Несмотря на счастье наесться досыта, я провел скверную ночь: меня мучили картины вчерашнего теракта. Я никак не мог решить, что лучше – бодрствовать или спать; в первом случае все напоминало мне о взрыве, об истерзанных телах и лицах, искаженных страхом; во втором – разыгравшаяся фантазия подпитывала этот ужас, добавляя к подлинным впечатлениям совсем уж фантастические эпизоды. Так, например, мне чудилось, будто меня сочли мертвым и швырнули в телегу с трупами, а сверху бросают и бросают другие тела, соль, песок, пепел, землю, и я задыхаюсь, кричу, но никто не обращает на меня внимания. Всякий раз, вырываясь из этого кошмара, в поту и ознобе, я заставлял себя лежать с широко открытыми глазами, чтобы отогнать этот жуткий сон, и радовался, что с ним покончено, но не тут-то было: миг спустя на меня снова наваливали кучу мертвецов.
В шесть утра я услыхал башенные часы, мелодично отбивающие время, утешился тем, что ночь, с ее чередой зловещих видений, миновала, облегченно вздохнул и открыл глаза.
Передо мной стоял старик в пижаме. Слабый оранжевый свет уличных фонарей, сочившийся в палату с бульвара, делал в полутьме особенно контрастной правую половину его лысой головы и лица с глубокими морщинами, крупным носом и запавшими глазницами. Он пристально вглядывался в меня, так жадно и так испуганно, будто опасался с моей стороны бог знает какой выходки.
– Что вам угодно?
Он даже глазом не моргнул. Тщедушный, иссохший, он тем не менее был страшен. Несмотря на глубокую старость, в нем чудилось что-то детское – наверно, из-за того, что длинные рукава его пижамы свисали, закрывая кисти рук, а полотняная рубаха плохо держалась на узких плечах.
– Выйдите из моей палаты!
Никакой реакции. Вытянув шею, старик продолжал свой безмолвный осмотр. На его лице застыло вопросительное выражение. Присутствие странного гостя, его неподвижность леденили мне кровь. А вдруг это какой-нибудь сумасшедший пациент, который бродит ночами по больнице?
Или, может, я сплю?
И я попытался убедить себя, что старик с пустым взглядом просто привиделся мне во сне.

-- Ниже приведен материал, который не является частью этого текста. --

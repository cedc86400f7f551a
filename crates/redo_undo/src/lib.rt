//! Redo and undo: what the log and the pages of a site hold together, and what carries it on.
#![tactic(auto)]

mod changing;
mod checkpointing;
mod committing;
mod forcing;
mod logging;
mod redo_pass;
mod store;
mod undo;
mod undo_losers;

pub use changing::fits_front;
pub use logging::{log_change, log_record, touch};
pub use redo_pass::{Redone, redo};
pub use store::TransactionStore;
pub use undo::{undo_one, undo_to};
pub use undo_losers::undo_all;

Но как же избавиться от сонного кошмара? А вот как – перейти к другому сну! Я зажмурился и решил несколько мгновений не открывать глаза.
Раз, два, три… Я считал секунды… пятьдесят девять, шестьдесят… вначале я старался дышать как можно тише… сто пятьдесят, сто пятьдесят одна… теперь я слышал только собственное дыхание, а не его… двести тридцать… А вдруг он сейчас подойдет и станет меня душить?!
На двести сороковой секунде я открыл глаза: старик исчез. Реальный – нереальный, какая разница; главное, я от него избавился!
И тут послышался какой-то монотонный шум, он был мне знако́м, но я не сразу определил, что это; вскоре окна покрылись прозрачным бисером, и тогда я понял: идет дождь, поливающий крыши и стены. Я примостил поудобнее голову на жиденькой подушке и забылся сном.